Ghrelin and peptide tyrosine-tyrosine were measured during an oral glucose tolerance test, at baseline and at 12 months during a randomized trial assessing the clinical effectiveness of a device (Mandometer) designed to retrain eating behavior. This computerized scale provided real-time feedback during meals in the intervention arm (n = 14) to slow down the speed of eating. The control group (n = 13) received only standard care aimed at improving lifestyle behavior. The Mandometer elicited greater improvements in weight loss than standard care.

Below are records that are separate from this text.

impl Store {
    // The dataset with this name and its versions that are listed, where it may have a version with these parents.
    fn parents_in(&self, name: &str, parents: &[u64]) -> Result<Parents<'_>, StoreErr>
        ensures found { IfOk result (λ p. set_in self.now.held.numbers name.now ≡ Some (numbers_of p.d.now)) }
        ensures sound { IfOk result (λ p. IsSet p.d.now) }
        ensures few { IfOk result (λ p. length p.d.now.versions.items < 65535) }
        ensures listed { IfOk result (λ p. IsListed (length p.d.now.versions.items) parents.now p.vids.items) }
        ensures why { IfErr result (IsRefused (parents_off_in (set_in self.now.held.numbers name.now) parents.now)) }
    {
        let Some(d) = self.core.catalog().cvd(name) else {
            return Err(StoreErr::NoCvd);
        };
        let vids = listed(self.alloc, d.versions.len(), parents)?;
        if d.versions.len() >= MOST_VERSIONS {
            return Err(StoreErr::TooManyVersions);
        }
        Ok(Parents { d, vids })
    }

    /// The dataset with this name, where it may have a version with these parents: `NoCvd`; for each parent as it is listed
    /// `NoVersion` and `RepeatedVersion`; `TooManyVersions`.
    pub fn may_commit(&self, name: &str, parents: &[u64]) -> Result<&Cvd, StoreErr>
        ensures found { IfOk result (λ d. set_in self.now.held.numbers name.now ≡ Some (numbers_of d.now)) }
        ensures world { (w : World) (s : State) → IsAtWorld w self.now.held s → MatchResult result
            (λ d. (parents_refusal w name.now parents.now ≡ None) × HasSchema d.now.schema (set_named w name.now))
            (IsRefusedAs name.now (parents_refusal w name.now parents.now)) }
        ensures why { IfErr result IsByNumbers }
    {
        let Parents { d, .. } = self.parents_in(name, parents)?;
        Ok(d)
    }

    // What a commit asks, where nothing of the catalog and its arguments refuses it.
    fn ask(
        &self,
        name: &str,
        parents: &[u64],
        added: &[Column],
        rows: RowTable,
    ) -> Result<Ask<'_>, StoreErr>
        requires fit { (s : Set) → set_in self.now.held.numbers name.now ≡ Some s → TakesRows s.schema added.now rows }
        requires short { All IsShort rows }
        requires some { parents.now ≢ [] }
        ensures allowed { OnOk result (commit_off self.now.held name.now parents.now added.now rows ≡ None) }
        ensures found { IfOk result (λ ask. set_in self.now.held.numbers name.now ≡ Some (numbers_of ask.d.now)) }
        ensures sound { IfOk result (λ ask. IsSet ask.d.now) }
        ensures few { IfOk result (λ ask. length ask.d.now.versions.items < 65535) }
        ensures vids { IfOk result (λ ask. ask.vids.items ≡ parents.now) }
        ensures parents { IfOk result (λ ask. AreParents (length ask.d.now.versions.items) ask.vids.items) }
        ensures schema { IfOk result (λ ask. schema_with_of ask.d.now.schema added.now ≡ Ok ask.schema) }
        ensures rows { IfOk result (λ ask. ask.rows ≡ in_key_order ask.schema rows) }
        ensures fit { IfOk result (λ ask. AreRows ask.schema ask.rows) }
        ensures count { IfOk result (λ ask. length ask.rows ≡ length rows) }
        ensures why { IfErr result (IsRefused (commit_off self.now.held name.now parents.now added.now rows)) }
    {
        let Parents { d, vids } = self.parents_in(name, parents)?;
        let Ok(schema) = schema_with(self.alloc, &d.schema, added) else {
            return Err(StoreErr::Memory);
        };
        let format = self.core.journal().format();
        let rows = version_rows(self.alloc, &schema, format, !added.is_empty(), rows)?;
        Ok(Ask {
            d,
            vids,
            schema,
            rows,
        })
    }

    // A dataset's next version, ready to be stored.
    fn next<H: Host>(
        &self,
        host: &mut H,
        name: &str,
        parents: &[u64],
        added: &[Column],
        rows: RowTable,
        message: &Txt,
    ) -> Result<NextVersion, Unready>
        requires fit { (s : Set) → set_in self.now.held.numbers name.now ≡ Some s → TakesRows s.schema added.now rows }
        requires short { All IsShort rows }
        requires some { parents.now ≢ [] }
        requires message { length message.now ≤ 1024 }
        ensures looked { Looked (H.state host.old) (H.state host.new) }
        ensures fetched { (s : Set) → set_in self.now.held.numbers name.now ≡ Some s
            → (H.state host.new).fetched ≤ (H.state host.old).fetched + bytes_for s parents.now }
        ensures unread { (off : StoreErrValue) → commit_off self.now.held name.now parents.now added.now rows ≡ Some off → H.state host.new ≡ H.state host.old }
        ensures ready { IfOk result (λ next. IsReady next.brought self.now.held) }
        ensures allowed { OnOk result (commit_off self.now.held name.now parents.now added.now rows ≡ None) }
        ensures by { (s : Set) → set_in self.now.held.numbers name.now ≡ Some s → IfOk result (λ next. IsCommitBy s
            (record { vids = parents.now; message = message.now; added = added.now; rows = rows }) (H.state host.old) (bringing_of next.brought) next.fresh) }
        ensures vid { (s : Set) → set_in self.now.held.numbers name.now ≡ Some s → IfOk result (λ next. next.vid ≡ length s.versions + 1) }
        ensures count { OnOk result (length rows ≤ 1000000) }
        ensures why { IfErr result (IsUnready self.now.held name.now (record { vids = parents.now; message = message.now; added = added.now; rows = rows })
            (H.state host.old) (H.state host.new)) }
        ensures brings { (w : World) (d : Dataset) → IsAtWorld w self.now.held (H.state host.old) → set_named w name.now ≡ Some d
            → IfOk result (λ next. Brings (commit_move d parents.now message.now added.now rows) w next.brought) }
        ensures fresh { (w : World) (d : Dataset) → IsAtWorld w self.now.held (H.state host.old) → set_named w name.now ≡ Some d
            → IfOk result (λ next. next.fresh ≡ fresh_in_world d (record { vids = parents.now; message = message.now; added = added.now; rows = rows })) }
        ensures spared { (w : World) (d : Dataset) → IsAtWorld w self.now.held (H.state host.old) → set_named w name.now ≡ Some d
            → IfErr result (IsSparedBy w d (record { vids = parents.now; message = message.now; added = added.now; rows = rows })) }
    {
        let Ask {
            d,
            vids,
            schema,
            rows,
        } = self.ask(name, parents, added, rows)?;
        self.core.is_replayed();
        self.core.journal().is_known();
        let _ = message.as_str();
        let _ = schema.columns();
        let ParentsRead { records, held } = parents_of(self.alloc, host, d, &vids)?;
        let wide = with_columns(self.alloc, records, added)?;
        let vid = d.versions.len() as u32 + 1;
        let wanted = Wanted {
            vids: &vids,
            parents: &wide,
            held: &held,
            message,
            added,
            schema: &schema,
            rows,
        };
        let Commit { brought, fresh } = commit_of(self.alloc, d, wanted)?;
        Ok(NextVersion {
            brought,
            vid,
            fresh,
        })
    }

    // Why a commit isn't done whose version isn't ready. After a fault of the host the store isn't used again.
    fn uncommitted(&mut self, why: Unready) -> StoreErr
        requires long { IsFewPages why }
        ensures off { (refusal : StoreErrValue) → why ≡ unready.Off refusal → result ≡ refusal }
        ensures long { (list_pages segment_pages : ℕ) (list segment : List ℕ) → why ≡ unready.TooLong list_pages segment_pages
            → IsLong list_pages segment_pages list segment → IsNoRoom (live self.old.held.numbers) list segment result }
        ensures unusable { result ≡ off.Host → self.new.usable ≡ false }
        ensures same { (result ≡ off.Host → ⊥) → self.new ≡ self.old }
    {
        let refusal = self.unready(why);
        if refusal == StoreErr::Host {
            self.usable = false;
        }
        refusal
    }

    /// Commits rows as a dataset's next version. Its parents are versions of the dataset, and the rows may come in any order.
    /// A row that some parent has takes that parent's record; the others get new records.
    ///
    /// Where columns are added, the dataset has them from here on, at the right, and the rows are of the wider schema. In all rows
    /// from before they are NULL: the parents are read by the schema as it was, and no stored record is written again.
    ///
    /// Refusals in their order: `NoCvd`; for each parent as it is listed `NoVersion` and `RepeatedVersion`; `TooManyVersions`,
    /// `TooManyRows`, `DuplicateKey`, `FormatOne`; `Damaged` where a scan of the parents is damaged or two of them have other rows
    /// for a rid; `TooManyRecords`; `Damaged` where the partition that the version joins doesn't bear out its numbers; `Full`,
    /// `JournalFull`. All memory is taken before the first write.
    ///
    /// A commit costs the pages of its parents' lists and of the segments of their partitions, each read once; the writes of its
    /// list, its segment and its record; and three syncs.
    pub fn commit<H: Host>(
        &mut self,
        host: &mut H,
        name: &str,
        parents: &[u64],
        added: &[Column],
        rows: RowTable,
        message: &Txt,
    ) -> Result<Committed, StoreErr>
        requires call { MayCall self.old (H.state host.old) }
        requires fit { (s : Set) → set_in self.old.held.numbers name.now ≡ Some s → TakesRows s.schema added.now rows }
        requires short { All IsShort rows }
        requires some { parents.now ≢ [] }
        requires message { length message.now ≤ 1024 }
        ensures told { (H.state host.new).tells ≡ (H.state host.old).tells }
        ensures kept { (H.state host.new).keeps ≡ (H.state host.old).keeps }
        ensures faults { (H.state host.old).faults ≤ (H.state host.new).faults }
        ensures fetched { (s : Set) → set_in self.old.held.numbers name.now ≡ Some s
            → (H.state host.new).fetched ≤ (H.state host.old).fetched + bytes_for s parents.now }
        ensures counted { min (H.state host.old).fetched (2 ^ 64 - 1) ≤ (H.state host.new).fetched }
        ensures unread { (off : StoreErrValue) → commit_off self.old.held name.now parents.now added.now rows ≡ Some off → H.state host.new ≡ H.state host.old }
        ensures done { (s : Set) → set_in self.old.held.numbers name.now ≡ Some s → IfOk result (IsCommitted s
            (record { vids = parents.now; message = message.now; added = added.now; rows = rows }) (H.state host.old) self.old.held self.new.held) }
        ensures allowed { OnOk result (commit_off self.old.held name.now parents.now added.now rows ≡ None) }
        ensures why { IfErr result (IsUncommitted self.old.held name.now (record { vids = parents.now; message = message.now; added = added.now; rows = rows })
            (H.state host.old) (H.state host.new)) }
        ensures undamaged { (s : Set) → (H.state host.old).tells ≡ true → set_in self.old.held.numbers name.now ≡ Some s
            → OnOk result ((page : ℕ) → RefusesParents (fetch.Damaged page) (page_bytes (H.state host.old)) s parents.now → ⊥) }
        ensures stays { IfErr result (λ off. Stays off self.old self.new (H.state host.old) (H.state host.new)) }
        ensures usable { OnOk result (MayCall self.new (H.state host.new)) }
        ensures by_journal { IsByJournal self.old.held (H.state host.old) → OnOk result (IsByJournal self.new.held (H.state host.new)) }
        ensures unusable { IsErrOf result StoreErr.Host → self.new.usable ≡ false }

        // Where the store is at a World: a stop at any moment, what was made, how many records are new, and why not.
        ensures stops { (w : World) → IsAtWorld w self.old.held (H.state host.old) → Only (H.state host.old).tape (H.state host.new).tape
            (IsEither w (committed name.now (record { vids = parents.now; message = message.now; added = added.now; rows = rows }) w) (H.state host.old).tape.disk.printed) }
        ensures moves { (w : World) → IsAtWorld w self.old.held (H.state host.old) → OnOk result
            (IsAtNext (committed name.now (record { vids = parents.now; message = message.now; added = added.now; rows = rows }) w) self.new.held (H.state host.old) (H.state host.new)) }
        ensures fresh { (w : World) (d : Dataset) → IsAtWorld w self.old.held (H.state host.old) → set_named w name.now ≡ Some d
            → IfOk result (λ made. made.fresh ≡ fresh_in_world d (record { vids = parents.now; message = message.now; added = added.now; rows = rows })) }
        ensures spared { (w : World) (d : Dataset) → IsAtWorld w self.old.held (H.state host.old) → set_named w name.now ≡ Some d
            → IfErr result (IsSparedOff d (record { vids = parents.now; message = message.now; added = added.now; rows = rows })) }

        // So a commit that the World refuses begins nothing, and is refused for that; and the room that is taken.
        ensures refused { (w : World) (d : Dataset) → IsAtWorld w self.old.held (H.state host.old) → set_named w name.now ≡ Some d → MatchResult result
            (λ made. version_refusal w d (record { vids = parents.now; message = message.now; added = added.now; rows = rows }) ≡ None)
            (IsRefusedAs name.now (version_refusal w d (record { vids = parents.now; message = message.now; added = added.now; rows = rows }))) }
        ensures still { (w : World) (d : Dataset) (refusal : Refusal) → IsAtWorld w self.old.held (H.state host.old) → set_named w name.now ≡ Some d
            → version_refusal w d (record { vids = parents.now; message = message.now; added = added.now; rows = rows }) ≡ Some refusal
            → Only (H.state host.old).tape (H.state host.new).tape (IsWorld w (H.state host.old).tape.disk.printed) }
        ensures room { (w : World) (d : Dataset) (entry : Entry) (past : List Made) → IsAtWorld w self.old.held (H.state host.old)
            → set_named w name.now ≡ Some d → IsWithin entry past self.old.held
            → MatchResult result (λ made. IsWithin entry (and_made past (commit_move d parents.now message.now added.now rows) w) self.new.held)
            (IsLack entry past (commit_move d parents.now message.now added.now rows) w) }
    {
        let count = rows.len();
        let next = match self.next(host, name, parents, added, rows, message) {
            Ok(next) => next,
            Err(why) => return Err(self.uncommitted(why)),
        };
        let NextVersion {
            brought,
            vid,
            fresh,
        } = next;
        self.change(host, brought)?;
        Ok(Committed {
            vid,
            rows: count as u32,
            fresh,
        })
    }
}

Compared with baseline, only those using the Mandometer exhibited lower mean levels of fasting ghrelin (48.14 ± 18.47 vs. 68.45 ± 17.78 pg/ml; P = 0.002) and mean ghrelin area under the curve (72.08 ± 24.11 vs. 125.50 ± 29.72 pg/ml × min; P < 0.001) at 12 months. Absolute mean suppression in ghrelin at 60 min was enhanced (-40.50 ± 21.06 vs. -12.14 ± 19.74 pg/ml × min; P = 0.001). Peptide tyrosine-tyrosine response at 90 min remained unaltered in the standard care arm, whereas those in the Mandometer arm increased (P < 0.001): the mean 90-min response increased by 72 pg/ml [95% confidence interval (CI) 52-92 pg/ml] between baseline and 12 months. In a partial correlation analysis adjusting for change (Δ) in body mass index sd scores, Δ meal duration correlated negatively with Δ absolute suppression in ghrelin at 60 min (r = -0.58; P = 0.037; 95% CI -0.79 to -0.27) and Δ ghrelin area under the curve (r = -0.62; P = 0.025; 95% CI -0.81 to -0.31).


Retraining obese adolescents to eat more slowly has a significant impact on the gastrointestinal hormone response to a carbohydrate load, suggesting that externally modifiable eating behaviors actually regulate the hormonal response to food.